Mutilated body found in Alabama in 1997 identified as Californian.
Decades after the mutilated body was found in a wooded area in northern Alabama, officials have identified the cold case victim as a male from California through intensive DNA technology and genetic genealogy.
A body found on April 15, 1997 in Union Grove, Alabama, was found along a creek with its head, legs, and arms cut off, as well as other parts of the body, mutilated, apparently in an attempt to make forensic identification more reliable. difficult, according to A. news release this week from the Alabama Marshall County Sheriff’s Office.
The terrible efforts of the man’s killer or killers seem to have worked; for years, attempts by sheriff’s investigators to identify the man were unsuccessful.
But in 2019, officials teamed up with a DNA technology company that was gradually able to make progress on the case by first improving and refining DNA samples from the body and then comparing that profile to others in genetic databases, eventually leading the team to identify the man as 20-year-old Jeffrey Douglas Kimsey from Santa Barbara.

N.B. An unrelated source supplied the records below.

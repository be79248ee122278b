//! File keywords, which stand at the head of a paragraph.
ghost use Rattle.std.specs.Option.{option_copied};
ghost use Rattle.std.specs.Prelude.{◌≡◌, IfOk};
ghost use Rattle.xs_base.specs.ByteRuns.{after_run, front_of};
ghost use Rattle.xs_base.specs.declared.byte_runs.ByteClass.TheVariants.{Word};
ghost use Rattle.xs_sections.specs.Keywords as spec;

use crate::class::LineClass;
use crate::words::{
    BOOT, FALLBACK, FALLBACK_VALUES, LEFT_OUT, REQUIRE, SWITCH_VALUES, SWITCHES, TYPEMAP,
};
use std::alloc::Global;
use xs_base::{
    ByteClass, Bytes, Memory, after_blanks, cut_run, is_among, is_blank_line, is_identifier,
    starts_with, strip_prefix,
};

/// What a line is that may begin a paragraph.
pub fn head_class(alloc: Global, line: &[u8]) -> Result<LineClass, Memory>
    ensures { IfOk result (λ class. class ≡ spec.head_class line.now) }
{
    let (word, more) = cut_run(ByteClass::Capital, line);
    match after_blanks(more) {
        [] => Ok(text_class(line)),
        [first, value @ ..] => {
            if *first == b':' {
                word_class(alloc, word, value, line)
            } else {
                Ok(text_class(line))
            }
        }
    }
}

/// What a line is that begins with a word, maybe blanks, `:` and a value.
#[tactic(auto, unfolding(crate::specs::Keywords::word_class))]
fn word_class(alloc: Global, word: &[u8], value: &[u8], line: &[u8]) -> Result<LineClass, Memory>
    ensures { IfOk result (λ class. class ≡ spec.word_class word.now value.now line.now) }
{
    if is_among(&SWITCHES, word) {
        Ok(value_class(is_switch(only_word(value))))
    } else if word == REQUIRE.as_bytes() {
        Ok(value_class(is_some_word(only_word(value))))
    } else if word == FALLBACK.as_bytes() {
        Ok(value_class(is_fallback(only_word(value))))
    } else if word == TYPEMAP.as_bytes() {
        map_class(alloc, only_word(value))
    } else {
        left_out_class(alloc, word, value, line)
    }
}

#[tactic(auto, unfolding(crate::specs::Keywords::left_out_class))]
fn left_out_class(
    alloc: Global,
    word: &[u8],
    value: &[u8],
    line: &[u8],
) -> Result<LineClass, Memory>
    ensures { IfOk result (λ class. class ≡ spec.left_out_class word.now value.now line.now) }
{
    if is_among(&LEFT_OUT, word) && !starts_with(b":", value) {
        let word = Bytes::from_slice(alloc, word)?;
        Ok(LineClass::LeftOut(word))
    } else {
        Ok(text_class(line))
    }
}

fn text_class(line: &[u8]) -> LineClass
    ensures { result ≡ spec.text_class line.now }
{
    if starts_with(BOOT.as_bytes(), line) {
        LineClass::FirstOfBoot
    } else {
        LineClass::First
    }
}

fn value_class(is_good: bool) -> LineClass
    ensures { result ≡ spec.value_class is_good }
{
    if is_good {
        LineClass::Keyword
    } else {
        LineClass::BadValue
    }
}

/// What a TYPEMAP line is, by its value.
fn map_class(alloc: Global, value: &[u8]) -> Result<LineClass, Memory>
    ensures { IfOk result (λ class. class ≡ spec.map_class (spec.block_end value.now)) }
{
    match block_end(value) {
        None => Ok(LineClass::BadValue),
        Some(word) => {
            let end = Bytes::from_slice(alloc, word)?;
            Ok(LineClass::MapBegin(end))
        }
    }
}

/// The one word of a value; no word where it has none or several.
fn only_word(value: &[u8]) -> &[u8]
    ensures { result.now ≡ spec.only_word value.now }
{
    let (word, more) = cut_run(ByteClass::NoBlank, after_blanks(value));
    if is_blank_line(more) {
        word
    } else {
        b"".as_slice()
    }
}

/// The end word in the value of TYPEMAP: after `<<`, alone or in quotes, and with `;` after it or
/// not.
fn block_end(value: &[u8]) -> Option<&[u8]>
    ensures { option_copied result ≡ spec.block_end value.now }
{
    let word = strip_prefix(b"<<", value)?;
    end_word(word)
}

fn end_word(text: &[u8]) -> Option<&[u8]>
    ensures { option_copied result ≡ spec.end_word text.now }
{
    match text {
        [] => None,
        [first, rest @ ..] => {
            if *first == b'"' || *first == b'\'' {
                quoted_word(*first, rest)
            } else {
                let (word, closing) = cut_run(ByteClass::Word, text);
                end_word_of(word, closing)
            }
        }
    }
}

fn quoted_word(quote: u8, text: &[u8]) -> Option<&[u8]>
    ensures { option_copied result
        ≡ spec.quoted_word quote (front_of Word text.now) (after_run Word text.now) }
{
    let (word, more) = cut_run(ByteClass::Word, text);
    match more {
        [] => None,
        [b, closing @ ..] => {
            if *b == quote {
                end_word_of(word, closing)
            } else {
                None
            }
        }
    }
}

fn end_word_of<'a>(word: &'a [u8], closing: &[u8]) -> Option<&'a [u8]>
    ensures { option_copied result ≡ spec.end_word_of word.now closing.now }
{
    if is_identifier(word) && is_closing(closing) {
        Some(word)
    } else {
        None
    }
}

fn is_closing(text: &[u8]) -> bool
    ensures { result ≡ spec.is_closing text.now }
{
    match text {
        [] => true,
        [b] => *b == b';',
        [_, _, ..] => false,
    }
}

fn is_some_word(word: &[u8]) -> bool
    ensures { result ≡ spec.is_some_word word.now }
{
    match word {
        [] => false,
        [_, ..] => true,
    }
}

fn is_switch(word: &[u8]) -> bool
    ensures { result ≡ spec.is_switch word.now }
{
    is_among(&SWITCH_VALUES, word)
}

fn is_fallback(word: &[u8]) -> bool
    ensures { result ≡ spec.is_fallback word.now }
{
    is_among(&FALLBACK_VALUES, word)
}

“That led us to our parents in Santa Barbara,” said Willie Orr, deputy chief of the Marshall County Sheriff’s Office, noting that investigators were able to confirm the find with DNA tests. “They had no idea where he was.”
Orr said the family was unaware of Kimsey’s death. The Times was unable to contact any member of the Kimsey family immediately.

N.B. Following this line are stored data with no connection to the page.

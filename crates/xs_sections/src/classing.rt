//! Says what a line is, by its text and by what the lines before it leave open.
ghost use Rattle.std.specs.Prelude.{◌≡◌, IfOk};
ghost use Rattle.xs_sections.specs.Classes as spec;

use crate::class::{LineClass, Region};
use crate::keywords::head_class;
use crate::marks::{begins_pod, ends_pod, is_directive, is_flush_left, is_module_line};
use crate::module_line::module_class;
use std::alloc::Global;
use xs_base::{Memory, is_blank_line, is_remark};

fn is_in_text(at: &Region) -> bool
    ensures { result ≡ spec.is_in_text at.now }
{
    matches!(at, Region::Body | Region::BodyGap | Region::Boot)
}

/// Whether a new paragraph begins at a line that is not empty.
fn opens_paragraph(at: &Region, text: &[u8]) -> bool
    ensures { result ≡ spec.opens_paragraph at.now text.now }
{
    match at {
        Region::Between => true,
        Region::HeadGap | Region::BodyGap => is_flush_left(text),
        _ => false,
    }
}

fn is_head(class: &LineClass) -> bool
    ensures { result ≡ spec.is_head class.now }
{
    matches!(
        class,
        LineClass::Keyword
            | LineClass::BadValue
            | LineClass::LeftOut(_)
            | LineClass::MapBegin(_)
            | LineClass::First
            | LineClass::FirstOfBoot
    )
}

/// Whether a paragraph begins at a line of this class.
pub fn starts_paragraph(at: &Region, class: &LineClass, text: &[u8]) -> bool
    ensures { result ≡ spec.starts_paragraph at.now class.now text.now }
{
    is_head(class) && opens_paragraph(at, text)
}

/// What a line is.
pub fn class_of(alloc: Global, in_pod: bool, at: &Region, text: &[u8]) -> Result<LineClass, Memory>
    ensures { IfOk result (λ class. class ≡ spec.class_of in_pod at.now text.now) }
{
    if in_pod {
        Ok(pod_class(text))
    } else if begins_pod(text) {
        Ok(LineClass::PodBegin)
    } else {
        class_at(alloc, at, text)
    }
}

fn pod_class(text: &[u8]) -> LineClass
    ensures { result ≡ spec.pod_class text.now }
{
    if ends_pod(text) {
        LineClass::PodEnd
    } else {
        LineClass::PodLine
    }
}

#[tactic(auto, unfolding(crate::specs::Classes::class_at))]
fn class_at(alloc: Global, at: &Region, text: &[u8]) -> Result<LineClass, Memory>
    ensures { IfOk result (λ class. class ≡ spec.class_at at.now text.now) }
{
    match at {
        Region::CPart => c_class(alloc, text),
        Region::Map(end) => Ok(map_line_class(end.as_slice(), text)),
        _ => xs_class(alloc, at, text),
    }
}

fn c_class(alloc: Global, text: &[u8]) -> Result<LineClass, Memory>
    ensures { IfOk result (λ class. class ≡ spec.c_class text.now) }
{
    if is_module_line(text) {
        module_class(alloc, text)
    } else {
        Ok(LineClass::C)
    }
}

fn map_line_class(end: &[u8], text: &[u8]) -> LineClass
    ensures { result ≡ spec.map_line_class end.now text.now }
{
    if text == end {
        LineClass::MapEnd
    } else if is_remark(text) {
        comment_class(text)
    } else {
        LineClass::MapLine
    }
}

fn xs_class(alloc: Global, at: &Region, text: &[u8]) -> Result<LineClass, Memory>
    ensures { IfOk result (λ class. class ≡ spec.xs_class at.now text.now) }
{
    if is_remark(text) {
        Ok(comment_class(text))
    } else if is_module_line(text) {
        module_class(alloc, text)
    } else {
        paragraph_class(alloc, at, text)
    }
}

fn comment_class(text: &[u8]) -> LineClass
    ensures { result ≡ spec.comment_class text.now }
{
    if is_directive(text) {
        LineClass::Directive
    } else {
        LineClass::Comment
    }
}

fn paragraph_class(alloc: Global, at: &Region, text: &[u8]) -> Result<LineClass, Memory>
    ensures { IfOk result (λ class. class ≡ spec.paragraph_class at.now text.now) }
{
    if is_blank_line(text) {
        Ok(if is_in_text(at) {
            LineClass::Blank
        } else {
            LineClass::Outside
        })
    } else if is_in_text(at) && !opens_paragraph(at, text) {
        Ok(LineClass::Further)
    } else {
        head_class(alloc, text)
    }
}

In recent years, law enforcement has increasingly used DNA evidence from genetic databases to aid criminal investigations, a tactic that some critics call underregulated and can be an invasion of privacy, but which others have heralded to find elusive suspects, including Golden State Assassin in 2018.
With scientists Parabon NanoLabs, a DNA technology company based in Virginia has been able to overcome the DNA degradation and bacterial contamination that has occurred over the past 26 years and create a Kimsey genetic profile similar to that used in a genetic testing database such as 23 and me,” said CC Moore, chief genetic genealogist at Parabon NanoLab. She said the next step would be to test the type of genetic markers or single nucleotide polymorphisms known as SNPs to look for possible relatives in available databases.

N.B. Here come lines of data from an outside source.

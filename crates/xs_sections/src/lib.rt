//! An XS file is split into its C part, module lines, paragraphs and typemap blocks.
#![tactic(auto)]

mod class;
mod classing;
mod keywords;
mod marks;
mod module_line;
mod section_reading;
mod sections;
mod splitting;
mod words;

pub use sections::{ModuleNames, Part, PartBody, Sections};
pub use splitting::split;
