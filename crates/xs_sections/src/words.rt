//! The words of perlxs outside of XSUBs, and those of the C preprocessor that are refused there.
//! Code and definitions read them here.

/// The words of a MODULE line.
pub const MODULE: &str = "MODULE";

pub const PACKAGE: &str = "PACKAGE";

pub const PREFIX: &str = "PREFIX";

/// The file keywords that switch something on or off, and their values.
pub const SWITCHES: [&str; 2] = ["PROTOTYPES", "VERSIONCHECK"];

pub const SWITCH_VALUES: [&str; 2] = ["ENABLE", "DISABLE"];

/// The file keyword whose value is any word.
pub const REQUIRE: &str = "REQUIRE";

/// The file keyword on overloaded operators, and its values.
pub const FALLBACK: &str = "FALLBACK";

pub const FALLBACK_VALUES: [&str; 3] = ["TRUE", "FALSE", "UNDEF"];

/// The file keyword that begins a typemap block.
pub const TYPEMAP: &str = "TYPEMAP";

/// What begins a BOOT paragraph.
pub const BOOT: &str = "BOOT:";

/// The file keywords that are left out.
pub const LEFT_OUT: [&str; 8] = [
    "INCLUDE",
    "INCLUDE_COMMAND",
    "INTERFACE",
    "INTERFACE_MACRO",
    "SCOPE",
    "ATTRS",
    "EXPORT_XSUB_SYMBOLS",
    "SETMAGIC",
];

/// The words that alone make a line one of the preprocessor.
pub const DIRECTIVES: [&str; 11] = [
    "define", "undef", "if", "ifdef", "ifndef", "else", "elif", "endif", "error", "pragma",
    "warning",
];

“With genetic genealogy and SNP testing, we can find second, third, fourth cousins and others, and we can use that information to reconstruct someone’s personality,” Moore said.
However, their comparisons are limited to the profiles available in two small genetic databases − Genealogical tree of DNA And GEDmatch — which opens up access for law enforcement, Moore said, unlike some big companies like 23andMe or Ancestry.com, which restrict data sharing.
From the databases available, Parabo’s team was able to identify several distant relatives from the body’s DNA, but because they weren’t strong matches, it took months to establish the identity, Moore said. The team also used DNA phenotyping to try to portray the physical characteristics of the victim, which local authorities made public at the time. But Orr said the illustration provided no clues.
“It can take a very long time,” Moore said. “It depends entirely on who uploaded their DNA to these databases.”
By finding additional relatives and comparing them to historical documents, the team was able to identify the body with “high confidence,” said Moore, who shared the findings with the Marshall County Sheriff’s Office. Deputies were then able to locate a member of the Kimsey family in Tennessee, said Orr, who led investigators to Kimsey’s parents in Santa Barbara, where the identity was confirmed.
Orr said it’s unclear why Kimsey was in northern Alabama at the time of his death in 1997, but investigators believe he was likely passing by. The death was ruled a homicide.
Orr declined to answer further questions about the circumstances of the case, but said it was “still ongoing” and Parabon was investigating further DNA evidence from the scene.
“We want to announce that we have interested parties involved in this case, and we are actively investigating these leads,” the sheriff said in a statement.